I came of age when writers were still at the mercy of editors and when getting published was a long shot. In my 20s, when I tried my hand at writing short stories, I sent my first effort to The New Yorker. It was an audacious thing to do, but I considered myself lucky that the rejection letter I received was written by an editor who appeared to have actually read my manuscript.

Getting rejected was a drawn-out affair, what with the mail making its rounds in slow motion, at least by today’s standards, and with the tacit understanding that you would submit your work to one publication at a time. Why, it could take a few years before you discovered that no one was interested in what you were selling.

I recognize that my idea of what it meant to be a first-rate writer was shaped by the times and by the narrow literary tradition that reared me, but at least I had a pretty good idea then of what good writing was supposed to look like.

I’m not sure anymore what it means to be a good writer, much less a great one, when publication is literally a keystroke away and when getting published in the traditional sense is just one of any number of options for those who want to showcase their work. If getting someone else to publish your writing is no longer the decisive, if flawed, measure of your talent, what is?

One way to measure it might be by tracking how many people visit your blog, if you have one. It’s not unlike counting how many messages you had on your answering machine when you returned home from work. Your sense of self-worth rose with the numbers. So it might be with the number of visitors you have at the end of any given day. The more visitors there are, the more talented you believe yourself to be.

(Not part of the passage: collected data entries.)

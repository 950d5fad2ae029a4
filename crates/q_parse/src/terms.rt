//! Trees that are terms, and their phrases.

ghost use Rattle.std.specs.Prelude.{◌≡◌, ◌<◌, ◌∷◌, [], IfOk, OnOk, OnSome, MatchOption, vec_len, Some, None};
ghost use Rattle.std.specs.Bool.{if◌then◌else◌};
ghost use Rattle.q_tree.specs.Trees.{tree_of};
ghost use Rattle.q_parse.specs.Machine.{is_terms, phrases_of};
ghost use Rattle.q_parse.specs.Views.{trees_of};

use ct_base::{Listed, Memory};
use q_tree::{Leaf, Query};
use std::alloc::{AllocFailed, Global};

#[tactic(auto, using(crate::proofs::Frames::trees_of_last))]
fn push_query(queries: &mut Vec<Query>, query: Query) -> Result<(), AllocFailed<Query>>
    ensures { OnOk result (trees_of queries.new.items ≡ tree_of query ∷ trees_of queries.old.items) }
{
    queries.push(query)?;
    Ok(())
}

#[tactic(auto, using(crate::proofs::Frames::trees_of_last, crate::proofs::Frames::no_trees_left))]
fn pop_query(queries: &mut Vec<Query>) -> Option<Query>
    ensures trees { MatchOption result (trees_of queries.old.items ≡ []) (λ q. trees_of queries.old.items ≡ tree_of q ∷ trees_of queries.new.items) }
{
    match queries.pop() {
        None => None,
        Some(query) => Some(query),
    }
}

/// The phrases of a tree, if it is terms: phrases alone with OR between them. Its cost is the number of phrases.
#[tactic(auto, using(crate::proofs::Phrases::terms_or))]
pub(crate) fn terms_of(alloc: Global, query: Query) -> Result<Option<Listed<Leaf>>, Memory>
    ensures { IfOk result (λ found. found ≡ (if is_terms (tree_of query) then Some (phrases_of (tree_of query)) else None)) }
{
    let mut phrases = Listed::empty(alloc);
    let mut queries = Vec::new(alloc);
    push_query(&mut queries, query)?;
    'trees: while let Some(tree) = pop_query(&mut queries) {
        match tree {
            Query::Leaf(leaf) => phrases = phrases.with(leaf)?,
            Query::Or(left, right) => {
                push_query(&mut queries, Box::into_inner(right))?;
                push_query(&mut queries, Box::into_inner(left))?;
            }
            _ => return Ok(None),
        }
    }
    Ok(Some(phrases))
}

A little more than a month ago, I started my blog because I wanted to begin writing again and because I wanted to do so in a way that imagined an audience. I had hopes that some would be drawn not only to what I had to say but also to how I said it. It’s too soon to know anything about my success or failure, but, so far, only a few have visited: my daughter, a couple of friends who wanted to show support, and those who no doubt stumbled upon it by accident.

Although there’s no lack of advice on the Internet about how to build a following, much of what I have read can be boiled down to this: create headlines that grab, use plenty of white space, keep your paragraphs short, include numbered and bulleted lists, provide plenty of pictures, have a friendly theme, and proofread. Of course, if I weren’t so wary about promoting myself in a cyber universe where revolutions have been launched and politicians have been brought down, Facebook and Twitter would probably be helpful, too.

One piece of flourishing advice that really throws me, though, can best be summed up by a blogger whose site I visited recently:

Each one of us has got our favourite bloggers. These blogs are written in a natural conversation style that resonated with us. They don’t try to be professional writers. When you write, envision yourself sitting with your best friend and having fun. How would you speak to him? That’s the way you should write….Let people love coming to your blog cos you speak with them, not write to them.

I don’t know if I’ll ever be able to use the word “cos.”